Похоже было, что Дерябу вдруг схватило удушье, а он изо всех сил старался скрыть это: так странно вспухло и побурело его одутловатое лицо. Маленькие оловянные глазки. Дерябы в этот момент превратились в совершенно белые горошинки. Наконец он шумно выдохнул, раздувая ноздри, и сграбастал Даньку пятерней за плечо.
— Ты что так уставился на меня?
— В твои глаза заглядывает, — пояснил Хаяров.
— А зачем?
— Багрянов замутил ему куриные мозги.
— Чем?
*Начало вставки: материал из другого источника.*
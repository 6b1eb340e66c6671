//! Small rows merged by the row rule: who decides, and what the sides come to.

use cell_merge::{Decision, RowOutcome, decide_row, merge_row};
use std::alloc::{AllocError, Global};
use std::test::Fail;
use tuple_codec::{Row, Value};

/// Base, ours and theirs, two cells each as digits or `--` for absence; what they come to, `!!` being a conflict; who decides, `!` being nobody.
const MERGES: &str = "11 11 11 11 ours
11 21 11 21 ours
11 11 12 12 theirs
11 21 21 21 ours
11 21 12 22 cells
11 21 22 22 cells
11 21 31 !! !
11 -- -- -- ours
11 -- 11 -- ours
11 11 -- -- theirs
11 -- 12 !! !
11 12 -- !! !
-- 11 -- 11 ours
-- -- 11 11 theirs
-- 11 11 11 ours
-- 11 12 !! !
-- -- -- -- ours";

/// The row of two digits, None for absence.
fn row_of(alloc: Global, digits: &[u8]) -> Result<Option<Row>, AllocError> {
    if digits == b"--".as_slice() {
        return Ok(None);
    }
    let mut row = Row::new(alloc);
    for digit in digits {
        row.push(Value::Int(i64::from(*digit)))?;
    }
    Ok(Some(row))
}

fn outcome_of(alloc: Global, digits: &[u8]) -> Result<RowOutcome, AllocError> {
    if digits == b"!!".as_slice() {
        return Ok(RowOutcome::Conflict);
    }
    Ok(match row_of(alloc, digits)? {
        Some(row) => RowOutcome::Row(row),
        None => RowOutcome::Absent,
    })
}

fn decision_of(letter: u8) -> Decision {
    match letter {
        b'o' => Decision::Ours,
        b't' => Decision::Theirs,
        b'c' => Decision::Cells,
        _ => Decision::Conflict,
    }
}

fn merges_so(alloc: Global, line: &[u8]) -> Result<bool, AllocError> {
    if line.len() < 13 {
        return Ok(false);
    }
    let base = row_of(alloc, &line[..2])?;
    let ours = row_of(alloc, &line[3..5])?;
    let theirs = row_of(alloc, &line[6..8])?;
    let decided = decide_row(base.as_ref(), ours.as_ref(), theirs.as_ref());
    let outcome = merge_row(alloc, base.as_ref(), ours.as_ref(), theirs.as_ref())?;
    Ok(decided == decision_of(line[12]) && outcome == outcome_of(alloc, &line[9..11])?)
}

#[test]
fn rows_merge_by_the_row_rule(rt: HostRuntime) -> Result<(), Fail> {
    for line in MERGES.lines() {
        assert!(rt; merges_so(rt.alloc(), line.as_bytes())?, "{line}");
    }
    Ok(())
}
Выкладывай!
— У тебя и взгляд-то теперь, говорит, особый, — ответил Хаяров, втайне опасаясь за последствия своей откровенности.
— Чем это особый?
— Ну, страдаешь ты, говорит, от какой-то тоски.
— Опять же… особый запой у тебя, — робко добавил Данька, пытаясь осторожненько освободиться от Дерябиной руки.
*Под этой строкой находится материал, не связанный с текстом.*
//! A place in a region to go back to.

/// Where the writing in a region ended at one moment: so many pages, and so many bytes on the last of them.
#[derive(Clone, Copy, PartialEq, Eq)]
pub struct Mark {
    pub(crate) pages: usize,
    pub(crate) last: usize,
}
Деряба вдруг захохотал так оглушительно, что где-то невдалеке — знать, там было плесо — всполошились утки: послышалось испуганное кряканье, хлопанье крыльями, плеск воды. Когда на плесе стихло, Деряба спросил Даньку:
— Поверил?
Тот ответил уклончиво:
— Сам не знаю.
Некоторое время Деряба, косясь, приглядывался к Даньке; казалось, еще секунда — и «шеф» оглоушит маленького, тщедушного паренька рыжеватой медвежьей лапой. Но все обошлось как нельзя лучше: Деряба неожиданно опрокинулся навзничь, разбросил в стороны руки и уставился невидящими глазами в небесную, слегка позеленевшую к вечеру высь. Даже Хаяров, знавший Дерябу хорошо, не мог понять, что происходит в его мрачной, ожесточенной, мстительной душе.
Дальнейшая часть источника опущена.